╭──

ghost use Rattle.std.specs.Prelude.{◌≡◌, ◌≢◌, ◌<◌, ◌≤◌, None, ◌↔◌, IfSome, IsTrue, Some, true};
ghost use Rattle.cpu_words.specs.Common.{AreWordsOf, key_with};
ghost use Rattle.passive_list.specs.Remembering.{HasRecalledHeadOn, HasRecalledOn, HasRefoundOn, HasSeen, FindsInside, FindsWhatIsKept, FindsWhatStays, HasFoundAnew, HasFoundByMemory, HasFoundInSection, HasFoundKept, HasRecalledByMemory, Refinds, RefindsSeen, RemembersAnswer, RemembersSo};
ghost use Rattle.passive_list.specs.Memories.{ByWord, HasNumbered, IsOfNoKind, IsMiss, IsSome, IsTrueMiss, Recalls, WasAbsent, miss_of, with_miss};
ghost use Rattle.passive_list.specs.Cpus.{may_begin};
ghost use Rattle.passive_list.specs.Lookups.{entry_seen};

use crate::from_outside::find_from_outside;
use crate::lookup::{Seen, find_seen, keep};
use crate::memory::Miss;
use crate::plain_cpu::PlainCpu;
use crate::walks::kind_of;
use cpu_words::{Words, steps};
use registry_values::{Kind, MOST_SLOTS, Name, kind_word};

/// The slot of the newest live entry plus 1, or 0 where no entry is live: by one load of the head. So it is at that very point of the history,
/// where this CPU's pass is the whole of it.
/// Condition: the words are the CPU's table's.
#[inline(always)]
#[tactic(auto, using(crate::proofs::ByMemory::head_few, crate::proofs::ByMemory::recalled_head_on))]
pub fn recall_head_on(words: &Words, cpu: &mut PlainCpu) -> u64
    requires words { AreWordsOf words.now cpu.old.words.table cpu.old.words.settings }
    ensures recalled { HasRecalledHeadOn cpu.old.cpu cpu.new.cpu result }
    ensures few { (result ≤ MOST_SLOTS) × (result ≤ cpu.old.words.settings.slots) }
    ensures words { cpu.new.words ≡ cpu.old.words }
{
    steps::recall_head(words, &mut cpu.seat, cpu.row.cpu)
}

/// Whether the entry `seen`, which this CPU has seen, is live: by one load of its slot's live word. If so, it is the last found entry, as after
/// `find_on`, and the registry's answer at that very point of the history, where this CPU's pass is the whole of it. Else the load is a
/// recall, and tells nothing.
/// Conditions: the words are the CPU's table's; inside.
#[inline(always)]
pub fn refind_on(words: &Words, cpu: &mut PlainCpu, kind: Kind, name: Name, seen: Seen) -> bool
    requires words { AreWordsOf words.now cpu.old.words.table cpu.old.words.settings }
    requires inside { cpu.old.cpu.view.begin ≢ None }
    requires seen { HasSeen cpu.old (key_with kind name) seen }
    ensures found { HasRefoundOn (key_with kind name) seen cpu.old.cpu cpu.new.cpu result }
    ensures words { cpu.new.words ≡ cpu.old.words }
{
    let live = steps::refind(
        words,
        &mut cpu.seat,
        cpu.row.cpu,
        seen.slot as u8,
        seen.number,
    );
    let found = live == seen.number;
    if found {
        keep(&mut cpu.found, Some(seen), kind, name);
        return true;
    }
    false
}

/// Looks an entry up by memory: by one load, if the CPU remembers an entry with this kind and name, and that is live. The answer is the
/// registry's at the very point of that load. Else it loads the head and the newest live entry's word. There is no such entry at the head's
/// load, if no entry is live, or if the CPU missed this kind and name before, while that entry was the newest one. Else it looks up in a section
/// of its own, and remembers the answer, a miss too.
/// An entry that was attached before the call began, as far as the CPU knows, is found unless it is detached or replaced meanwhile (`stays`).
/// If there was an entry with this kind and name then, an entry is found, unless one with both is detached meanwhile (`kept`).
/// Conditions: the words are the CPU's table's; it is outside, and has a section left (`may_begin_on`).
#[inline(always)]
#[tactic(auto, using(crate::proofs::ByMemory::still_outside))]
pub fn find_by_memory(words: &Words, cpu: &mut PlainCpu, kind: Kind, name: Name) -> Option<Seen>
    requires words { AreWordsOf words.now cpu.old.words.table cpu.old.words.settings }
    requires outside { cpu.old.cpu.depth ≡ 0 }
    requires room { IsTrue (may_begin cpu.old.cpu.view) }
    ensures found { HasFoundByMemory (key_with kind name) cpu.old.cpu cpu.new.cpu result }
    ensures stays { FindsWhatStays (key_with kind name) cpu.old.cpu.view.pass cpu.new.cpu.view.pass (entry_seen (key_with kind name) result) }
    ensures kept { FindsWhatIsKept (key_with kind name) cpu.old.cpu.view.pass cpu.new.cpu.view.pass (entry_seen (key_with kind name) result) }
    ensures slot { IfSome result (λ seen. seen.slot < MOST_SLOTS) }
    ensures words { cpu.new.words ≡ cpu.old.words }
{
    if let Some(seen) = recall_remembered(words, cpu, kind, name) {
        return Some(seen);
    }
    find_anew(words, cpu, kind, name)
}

╰──
╭──

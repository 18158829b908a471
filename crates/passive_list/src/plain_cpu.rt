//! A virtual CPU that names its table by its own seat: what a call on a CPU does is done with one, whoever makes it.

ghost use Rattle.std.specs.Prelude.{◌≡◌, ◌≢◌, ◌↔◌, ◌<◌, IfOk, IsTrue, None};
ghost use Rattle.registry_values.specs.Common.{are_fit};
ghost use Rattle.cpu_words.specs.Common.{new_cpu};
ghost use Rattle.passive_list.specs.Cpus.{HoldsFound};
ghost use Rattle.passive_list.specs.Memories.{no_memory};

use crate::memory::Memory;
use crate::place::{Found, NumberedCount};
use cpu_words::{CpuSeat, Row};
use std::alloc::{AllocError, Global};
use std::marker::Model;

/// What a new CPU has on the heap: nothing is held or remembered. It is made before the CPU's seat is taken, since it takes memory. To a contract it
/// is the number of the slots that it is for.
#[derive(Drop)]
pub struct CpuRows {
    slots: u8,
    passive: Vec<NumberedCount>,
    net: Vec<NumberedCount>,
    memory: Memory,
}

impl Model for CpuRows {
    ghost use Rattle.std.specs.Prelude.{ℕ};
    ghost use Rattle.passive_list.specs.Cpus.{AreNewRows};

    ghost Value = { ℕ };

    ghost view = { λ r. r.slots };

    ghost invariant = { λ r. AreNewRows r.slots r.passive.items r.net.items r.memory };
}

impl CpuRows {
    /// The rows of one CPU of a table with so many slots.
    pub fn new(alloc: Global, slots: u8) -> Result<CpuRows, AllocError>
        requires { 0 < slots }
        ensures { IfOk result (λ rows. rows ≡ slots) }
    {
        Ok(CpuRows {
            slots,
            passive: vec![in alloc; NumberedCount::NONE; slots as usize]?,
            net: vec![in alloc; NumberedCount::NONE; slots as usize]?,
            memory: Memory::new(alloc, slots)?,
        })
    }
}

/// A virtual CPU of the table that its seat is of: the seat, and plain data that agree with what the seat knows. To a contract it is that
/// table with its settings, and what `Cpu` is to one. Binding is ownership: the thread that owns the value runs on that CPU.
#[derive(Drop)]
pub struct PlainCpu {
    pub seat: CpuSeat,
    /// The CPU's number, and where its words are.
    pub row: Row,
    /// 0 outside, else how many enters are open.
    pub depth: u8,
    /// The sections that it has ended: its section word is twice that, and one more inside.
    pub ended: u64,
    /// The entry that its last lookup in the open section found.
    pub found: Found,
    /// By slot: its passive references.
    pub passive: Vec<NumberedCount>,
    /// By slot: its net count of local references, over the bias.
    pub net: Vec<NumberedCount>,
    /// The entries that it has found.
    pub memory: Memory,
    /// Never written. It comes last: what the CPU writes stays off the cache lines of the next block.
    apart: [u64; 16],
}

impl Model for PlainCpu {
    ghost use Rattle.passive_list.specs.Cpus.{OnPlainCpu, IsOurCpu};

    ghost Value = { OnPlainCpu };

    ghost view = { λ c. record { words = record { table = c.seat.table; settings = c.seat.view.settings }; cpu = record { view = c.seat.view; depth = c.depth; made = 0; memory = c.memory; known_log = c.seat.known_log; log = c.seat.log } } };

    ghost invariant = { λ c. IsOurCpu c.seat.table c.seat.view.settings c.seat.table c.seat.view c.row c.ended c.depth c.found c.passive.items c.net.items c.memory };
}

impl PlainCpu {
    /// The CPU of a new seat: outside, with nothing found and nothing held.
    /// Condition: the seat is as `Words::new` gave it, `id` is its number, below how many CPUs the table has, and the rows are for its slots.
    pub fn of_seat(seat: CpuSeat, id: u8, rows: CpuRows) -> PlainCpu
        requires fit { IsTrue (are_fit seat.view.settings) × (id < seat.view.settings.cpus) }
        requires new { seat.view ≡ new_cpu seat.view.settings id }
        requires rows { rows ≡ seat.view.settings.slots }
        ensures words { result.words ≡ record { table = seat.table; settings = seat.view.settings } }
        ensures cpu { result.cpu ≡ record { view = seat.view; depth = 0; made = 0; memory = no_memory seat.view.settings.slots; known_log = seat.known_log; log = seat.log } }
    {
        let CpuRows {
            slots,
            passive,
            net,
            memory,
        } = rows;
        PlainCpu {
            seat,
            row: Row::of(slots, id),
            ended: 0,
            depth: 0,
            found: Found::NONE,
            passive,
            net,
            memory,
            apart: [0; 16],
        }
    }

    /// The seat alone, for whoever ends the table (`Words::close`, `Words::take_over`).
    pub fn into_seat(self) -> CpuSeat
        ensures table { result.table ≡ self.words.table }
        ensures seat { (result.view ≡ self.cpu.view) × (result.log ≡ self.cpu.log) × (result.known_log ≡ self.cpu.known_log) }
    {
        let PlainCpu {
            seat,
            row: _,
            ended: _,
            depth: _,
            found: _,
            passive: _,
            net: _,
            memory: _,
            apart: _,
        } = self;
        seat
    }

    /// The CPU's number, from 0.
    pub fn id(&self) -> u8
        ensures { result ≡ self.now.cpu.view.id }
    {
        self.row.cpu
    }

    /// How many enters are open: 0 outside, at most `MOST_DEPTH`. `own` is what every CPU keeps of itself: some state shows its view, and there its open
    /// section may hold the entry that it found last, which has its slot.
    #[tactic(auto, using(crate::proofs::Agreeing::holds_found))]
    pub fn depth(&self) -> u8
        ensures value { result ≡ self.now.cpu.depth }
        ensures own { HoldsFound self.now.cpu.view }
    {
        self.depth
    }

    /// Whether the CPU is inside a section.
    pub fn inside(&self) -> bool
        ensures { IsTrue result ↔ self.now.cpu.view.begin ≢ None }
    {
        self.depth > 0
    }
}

╰──
╭──

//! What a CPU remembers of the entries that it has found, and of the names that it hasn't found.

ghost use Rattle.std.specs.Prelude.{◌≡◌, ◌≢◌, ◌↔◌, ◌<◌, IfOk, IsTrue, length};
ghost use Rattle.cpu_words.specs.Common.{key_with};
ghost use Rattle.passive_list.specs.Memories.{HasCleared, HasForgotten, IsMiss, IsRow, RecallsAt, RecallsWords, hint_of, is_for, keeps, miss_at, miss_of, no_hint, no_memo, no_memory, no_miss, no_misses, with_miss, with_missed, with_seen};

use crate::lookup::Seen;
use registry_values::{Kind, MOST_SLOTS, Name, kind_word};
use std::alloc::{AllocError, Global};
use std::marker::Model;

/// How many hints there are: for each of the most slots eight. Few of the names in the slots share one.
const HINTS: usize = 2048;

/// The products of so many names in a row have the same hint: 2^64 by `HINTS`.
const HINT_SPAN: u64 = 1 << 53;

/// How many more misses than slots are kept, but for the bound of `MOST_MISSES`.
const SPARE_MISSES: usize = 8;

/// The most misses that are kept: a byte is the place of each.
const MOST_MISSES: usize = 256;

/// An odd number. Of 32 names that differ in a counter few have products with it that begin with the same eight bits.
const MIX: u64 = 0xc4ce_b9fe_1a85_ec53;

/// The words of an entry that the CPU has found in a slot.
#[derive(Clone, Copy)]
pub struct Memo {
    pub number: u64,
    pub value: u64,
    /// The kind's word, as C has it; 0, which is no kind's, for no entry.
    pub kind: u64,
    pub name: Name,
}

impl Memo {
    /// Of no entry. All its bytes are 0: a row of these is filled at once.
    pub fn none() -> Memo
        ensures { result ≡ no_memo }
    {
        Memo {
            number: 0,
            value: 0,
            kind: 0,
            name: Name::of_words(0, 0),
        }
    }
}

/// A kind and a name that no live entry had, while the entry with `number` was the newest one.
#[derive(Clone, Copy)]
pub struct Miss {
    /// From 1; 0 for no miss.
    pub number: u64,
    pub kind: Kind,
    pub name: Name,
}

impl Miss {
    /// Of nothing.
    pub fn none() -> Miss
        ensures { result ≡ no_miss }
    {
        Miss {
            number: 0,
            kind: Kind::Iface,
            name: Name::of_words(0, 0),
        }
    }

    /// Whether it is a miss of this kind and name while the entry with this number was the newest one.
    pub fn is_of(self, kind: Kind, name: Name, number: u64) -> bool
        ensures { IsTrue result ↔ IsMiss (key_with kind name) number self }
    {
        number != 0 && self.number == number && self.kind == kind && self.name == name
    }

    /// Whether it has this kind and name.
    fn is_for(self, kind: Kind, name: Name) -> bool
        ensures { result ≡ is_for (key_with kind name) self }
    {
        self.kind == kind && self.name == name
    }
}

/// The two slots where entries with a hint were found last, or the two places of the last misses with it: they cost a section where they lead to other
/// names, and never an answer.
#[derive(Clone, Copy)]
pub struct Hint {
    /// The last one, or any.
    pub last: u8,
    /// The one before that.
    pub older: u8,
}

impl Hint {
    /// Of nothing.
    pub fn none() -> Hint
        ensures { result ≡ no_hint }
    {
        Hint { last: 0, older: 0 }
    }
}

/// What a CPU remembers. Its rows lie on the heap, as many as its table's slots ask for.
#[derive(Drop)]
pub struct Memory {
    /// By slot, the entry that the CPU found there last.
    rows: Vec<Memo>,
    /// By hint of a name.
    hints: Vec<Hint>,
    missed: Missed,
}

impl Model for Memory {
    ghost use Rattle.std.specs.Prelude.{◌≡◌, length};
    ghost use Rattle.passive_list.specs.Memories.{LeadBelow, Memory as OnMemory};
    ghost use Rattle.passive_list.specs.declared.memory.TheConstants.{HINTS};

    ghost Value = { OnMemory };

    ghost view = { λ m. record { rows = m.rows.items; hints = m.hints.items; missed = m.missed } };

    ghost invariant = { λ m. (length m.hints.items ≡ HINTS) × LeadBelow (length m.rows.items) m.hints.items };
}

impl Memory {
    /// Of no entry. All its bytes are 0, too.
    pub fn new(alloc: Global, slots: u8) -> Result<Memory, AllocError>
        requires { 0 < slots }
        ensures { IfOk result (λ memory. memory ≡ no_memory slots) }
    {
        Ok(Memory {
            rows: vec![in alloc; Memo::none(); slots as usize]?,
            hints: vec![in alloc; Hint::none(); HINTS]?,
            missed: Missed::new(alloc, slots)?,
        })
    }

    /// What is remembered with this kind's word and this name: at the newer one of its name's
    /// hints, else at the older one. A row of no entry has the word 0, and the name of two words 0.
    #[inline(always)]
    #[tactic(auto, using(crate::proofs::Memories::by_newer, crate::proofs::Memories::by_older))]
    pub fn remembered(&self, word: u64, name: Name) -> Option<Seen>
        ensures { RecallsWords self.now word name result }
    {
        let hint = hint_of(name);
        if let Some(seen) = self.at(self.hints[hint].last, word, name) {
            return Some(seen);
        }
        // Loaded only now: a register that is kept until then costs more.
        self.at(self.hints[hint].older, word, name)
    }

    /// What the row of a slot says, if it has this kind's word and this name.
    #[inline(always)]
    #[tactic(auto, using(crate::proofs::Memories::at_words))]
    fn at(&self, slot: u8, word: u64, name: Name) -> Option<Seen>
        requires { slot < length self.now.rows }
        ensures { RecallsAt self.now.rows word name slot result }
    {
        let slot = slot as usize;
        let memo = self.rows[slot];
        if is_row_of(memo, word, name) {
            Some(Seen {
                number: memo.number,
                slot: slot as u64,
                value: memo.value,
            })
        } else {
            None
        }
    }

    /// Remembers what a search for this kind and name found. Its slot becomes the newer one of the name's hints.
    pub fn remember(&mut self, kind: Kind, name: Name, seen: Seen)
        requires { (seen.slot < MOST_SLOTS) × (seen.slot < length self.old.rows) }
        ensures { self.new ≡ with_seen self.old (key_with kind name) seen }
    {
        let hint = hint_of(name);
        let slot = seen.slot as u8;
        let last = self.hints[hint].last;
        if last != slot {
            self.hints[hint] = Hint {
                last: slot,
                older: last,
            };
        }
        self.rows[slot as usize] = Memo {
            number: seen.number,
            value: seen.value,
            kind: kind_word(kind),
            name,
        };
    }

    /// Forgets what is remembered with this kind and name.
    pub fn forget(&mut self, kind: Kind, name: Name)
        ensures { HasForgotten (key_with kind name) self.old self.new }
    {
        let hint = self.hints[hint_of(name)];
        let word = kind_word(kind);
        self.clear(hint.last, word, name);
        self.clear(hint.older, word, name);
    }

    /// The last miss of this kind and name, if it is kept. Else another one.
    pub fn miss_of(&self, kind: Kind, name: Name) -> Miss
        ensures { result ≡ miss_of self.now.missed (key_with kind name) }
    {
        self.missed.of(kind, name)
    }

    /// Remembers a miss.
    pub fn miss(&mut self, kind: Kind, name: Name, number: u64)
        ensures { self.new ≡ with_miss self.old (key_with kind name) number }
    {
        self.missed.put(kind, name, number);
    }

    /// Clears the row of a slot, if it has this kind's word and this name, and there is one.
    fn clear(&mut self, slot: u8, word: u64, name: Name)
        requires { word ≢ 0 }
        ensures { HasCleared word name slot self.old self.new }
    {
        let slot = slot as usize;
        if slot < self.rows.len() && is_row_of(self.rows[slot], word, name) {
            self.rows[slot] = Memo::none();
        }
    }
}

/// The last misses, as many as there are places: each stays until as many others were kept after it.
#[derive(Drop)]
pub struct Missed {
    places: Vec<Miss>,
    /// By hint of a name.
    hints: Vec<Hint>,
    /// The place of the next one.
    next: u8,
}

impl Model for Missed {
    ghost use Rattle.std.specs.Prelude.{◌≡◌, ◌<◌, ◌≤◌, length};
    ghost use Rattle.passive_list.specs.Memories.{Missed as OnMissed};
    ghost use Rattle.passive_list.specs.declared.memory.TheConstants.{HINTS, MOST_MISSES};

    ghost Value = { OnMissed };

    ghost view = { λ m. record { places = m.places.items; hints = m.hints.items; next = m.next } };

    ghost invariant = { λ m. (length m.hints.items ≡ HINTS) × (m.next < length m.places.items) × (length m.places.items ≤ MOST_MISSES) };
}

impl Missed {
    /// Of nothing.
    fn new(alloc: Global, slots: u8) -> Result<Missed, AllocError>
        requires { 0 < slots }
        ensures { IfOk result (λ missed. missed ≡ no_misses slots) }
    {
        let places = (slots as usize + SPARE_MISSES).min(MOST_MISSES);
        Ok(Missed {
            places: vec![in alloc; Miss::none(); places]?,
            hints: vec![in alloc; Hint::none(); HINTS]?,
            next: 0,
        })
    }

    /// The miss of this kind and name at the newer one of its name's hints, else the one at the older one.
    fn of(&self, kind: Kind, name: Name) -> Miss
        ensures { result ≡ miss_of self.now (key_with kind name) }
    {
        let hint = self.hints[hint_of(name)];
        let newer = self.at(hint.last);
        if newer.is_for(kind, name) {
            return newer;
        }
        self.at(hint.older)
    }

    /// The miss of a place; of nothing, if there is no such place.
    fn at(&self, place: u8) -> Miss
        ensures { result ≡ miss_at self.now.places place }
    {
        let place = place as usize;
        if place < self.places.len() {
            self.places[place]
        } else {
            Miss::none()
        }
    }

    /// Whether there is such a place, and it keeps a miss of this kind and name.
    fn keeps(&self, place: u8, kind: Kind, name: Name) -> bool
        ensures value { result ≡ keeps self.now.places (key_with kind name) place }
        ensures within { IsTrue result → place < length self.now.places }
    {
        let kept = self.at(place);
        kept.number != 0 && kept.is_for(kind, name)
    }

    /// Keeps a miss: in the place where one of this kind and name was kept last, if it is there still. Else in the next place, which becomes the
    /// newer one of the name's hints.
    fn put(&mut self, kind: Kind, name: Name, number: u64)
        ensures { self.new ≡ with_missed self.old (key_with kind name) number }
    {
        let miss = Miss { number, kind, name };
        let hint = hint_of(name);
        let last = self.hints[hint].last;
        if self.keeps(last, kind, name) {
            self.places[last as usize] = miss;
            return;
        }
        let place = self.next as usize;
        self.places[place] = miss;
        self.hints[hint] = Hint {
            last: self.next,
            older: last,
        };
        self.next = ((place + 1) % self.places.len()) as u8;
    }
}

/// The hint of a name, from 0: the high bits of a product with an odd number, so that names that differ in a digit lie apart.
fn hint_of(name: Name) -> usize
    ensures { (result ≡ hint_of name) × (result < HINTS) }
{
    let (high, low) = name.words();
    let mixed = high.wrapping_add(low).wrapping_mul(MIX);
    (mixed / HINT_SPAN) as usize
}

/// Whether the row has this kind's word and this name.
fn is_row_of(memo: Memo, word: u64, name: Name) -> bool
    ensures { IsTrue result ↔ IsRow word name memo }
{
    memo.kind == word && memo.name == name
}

╰──

:: TASK PROMPT ::
For each line above that contains the word "contract", give the line as it is written.

:: SOLUTION TO THIS EXERCISE ::
/// What a new CPU has on the heap: nothing is held or remembered. It is made before the CPU's seat is taken, since it takes memory. To a contract it
/// A virtual CPU of the table that its seat is of: the seat, and plain data that agree with what the seat knows. To a contract it is that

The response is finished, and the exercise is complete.